The Honeynet Project Chinese Chapter - Status Report 2011

ORGANIZATION

The Chinese Chapter consists of the following people:
* Jianwei Zhuge, Tsinghua
* Chengyu Song, Gatech
* Zhijie Chen, Berkeley
* Xinhui Han, PKU
* Yong Tang, NUDT
* Huilin Zhang, PKU
* Zhongjie Wang, PKU
* Lingfeng Sun, HuaweiSymantec
* Jian Jiang, Tsinghua
* Youzhi Bao, PKU
* Cong Zheng, PKU

The Chapter members are interested in research projects covering the following topics:

1. Low-interaction/high-interaction client honeypots
2. Distributed honeynet deployment, operation and data analysis
3. Automated malware collection and analysis systems
4. Android malware analysis

DEPLOYMENTS

We have recently deployed three instances of dionaea/kippo honeypot sensors.
We requested several Honeeebox sensors, but haven't received yet.

RESEARCH AND DEVELOPMENT

* Zhijie Chen and Cong Zheng contributed some codes to PhoneyC.
* Chengyu Song developed hv-sebek, a prototype tool for honeypot monitoring based on hardware virtualization technology. during Google Summer of Code 2010.
* Huilin Zhang developed PDFHoneyC, a prototype tool for detect malicious PDF files, during Google Summer of Code 2010.
* Zhongjie Wang developed TraceXploit, mentored by Jianwei Zhuge, but in POC state, during Google Summer of Code 2010.
* Cong Zheng is currently designing and developing an Android static analysis GUI tool during the Google Summer of Code 2011.
* Youzhi Bao is currently designing and developing COM simulation extension module for Capture-HPC during the Google Summer of Code 2011.

PAPERS AND PRESENTATIONS

* C. Song, B. Hay, J. Zhuge.
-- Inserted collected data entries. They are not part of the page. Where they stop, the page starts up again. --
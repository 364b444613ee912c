//! Commands on includes, and on what a step is known to read.
use crate::host::file_commands::file_command;
use b2_memory::memory::MemoryHost;
use jam_scan::closure::Closure;
use jam_scan::include::Include;
use jam_scan::places::candidates;
use jam_scan::scan::{includes, is_scanned};
use std::alloc::Global;
use std::mem::ManuallyDrop;
use transcript::answer::Answer;
use transcript::case_fault::CaseFault;
use transcript::command::{Command, Word};
use transcript::words::{first, halves, number, only, own_text, path, paths};

/// Shows each include on a line: `q` for a name in quotes or `a` for one in angle brackets, and the name.
fn includes_shown(alloc: Global, found: &[Include]) -> Answer {
    let mut answer = Answer::new(alloc);
    for include in found {
        let (name, quoted) = include.pair();
        answer.put(if quoted { "q " } else { "a " });
        answer.push_line(name.as_str());
    }
    answer
}

/// `includes WORD ..`: the includes of a file. Its bytes are those of the text below, and then those of the words.
fn includes_answer(alloc: Global, command: &Command) -> Result<Answer, CaseFault> {
    let mut bytes = Vec::from_slice(alloc, command.text().as_bytes())?;
    for word in command.words() {
        bytes.extend_from_slice(word.bytes())?;
    }
    let found = ManuallyDrop::new(includes(alloc, bytes.as_slice())?);
    Ok(includes_shown(alloc, found.as_slice()))
}

/// An include by its mark, which is `q` or `a`, and its name.
fn include_of(alloc: Global, mark: &str, name: &str) -> Result<Include, CaseFault> {
    let quoted = match mark {
        "q" => true,
        "a" => false,
        _ => return Err(CaseFault::WrongWords),
    };
    Ok(Include::of_pair(own_text(alloc, name)?, quoted))
}

/// `candidates MARK NAME FROM DIR ..`: the places where an include of the file `FROM` is looked for.
fn candidates_answer(alloc: Global, words: &[Word]) -> Result<Answer, CaseFault> {
    let (mark, words) = first(words)?;
    let (name, words) = first(words)?;
    let (from, words) = first(words)?;
    let include = ManuallyDrop::new(include_of(alloc, mark, name)?);
    let from = path(alloc, from)?;
    let dirs = paths(alloc, words)?;
    let found = ManuallyDrop::new(candidates(alloc, &include, &from, dirs.as_slice())?);
    Answer::paths(alloc, found.as_slice())
}

/// Tells that the member at a place was scanned, and what was found in it. `WrongWords` where it is not left to be scanned.
fn scan_member(alloc: Global, closure: &mut Closure, words: &[Word]) -> Result<(), CaseFault> {
    let (place, found) = first(words)?;
    let from = number(place)? as usize;
    let found = paths(alloc, found)?;
    let Some(at) = closure.next(from) else {
        return Err(CaseFault::WrongWords);
    };
    if at != from {
        return Err(CaseFault::WrongWords);
    }
    closure.scanned(at, found.as_slice())?;
    Ok(())
}

/// Shows the members in order, each with whether it was scanned, and the first place that is left.
fn closure_shown(alloc: Global, closure: &Closure) -> Answer {
    let mut answer = Answer::new(alloc);
    for (at, member) in closure.members().iter().enumerate() {
        answer.put(if closure.next(at) == Some(at) {
            "open "
        } else {
            "scanned "
        });
        answer.push_line(member.as_str());
    }
    match closure.next(0) {
        None => answer.push_line("none is left"),
        Some(at) => {
            answer.put("next ");
            answer.put_number(at as u64);
            answer.end_line();
        }
    }
    answer
}

/// `closure IN .. : PLACE FOUND .. > PLACE FOUND ..`: the closure of a step with these inputs, after the members at these places
/// were scanned one after another.
fn closure_answer(alloc: Global, words: &[Word]) -> Result<Answer, CaseFault> {
    let (ins, scans) = halves(words);
    let ins = paths(alloc, ins)?;
    let mut closure = ManuallyDrop::new(Closure::new(alloc, ins.as_slice())?);
    if !scans.is_empty() {
        for scan in scans.split(|word| word.bytes() == b">".as_slice()) {
            scan_member(alloc, &mut closure, scan)?;
        }
    }
    Ok(closure_shown(alloc, &closure))
}

/// Carries out a command on includes, or another one. `is_scanned PATH` tells whether a file at this path is scanned.
pub fn scan_command(
    alloc: Global,
    host: &mut MemoryHost,
    command: &Command,
) -> Result<Answer, CaseFault> {
    match command.name() {
        "includes" => includes_answer(alloc, command),
        "is_scanned" => Answer::truth(alloc, is_scanned(&*path(alloc, only(command.words())?)?)),
        "candidates" => candidates_answer(alloc, command.words()),
        "closure" => closure_answer(alloc, command.words()),
        _ => file_command(alloc, host, command),
    }
}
Know Your Tools: Qebek – Conceal the Monitoring, Know Your Tools Whitepaper.
* Z. Chen, G. Gu, J. Zhuge, J. Nazario, X. Han, WebPatrol: Automated Collection and Replay of Web-based Malware Scenarios, In Proceedings of the 6th ACM Symposium on Information, Computer and Communications Security (ASIACCS’11) , HongKong, China, March 2011(Acceptance ratio 16%=35/217).
* J. Zhuge, An Introduction to Kippo Honeypot, Chinese Education Network, In Chinese.

GOALS
1. Distributively deploy HonEeeBox Honeypots and more dionaea/kippo/glastopf sensors on CERNET, and build the threat data center for the threat monitoring and analysis, providing support for CCERT team.
2. Continue improving the tools that we have contributed during GSoC 2011 and GSoC 2010.

MISC ACTIVITIES
We contributed to the Forensic Challenge 2010 Chinese Version, but failed to attract more Chinese to involve in.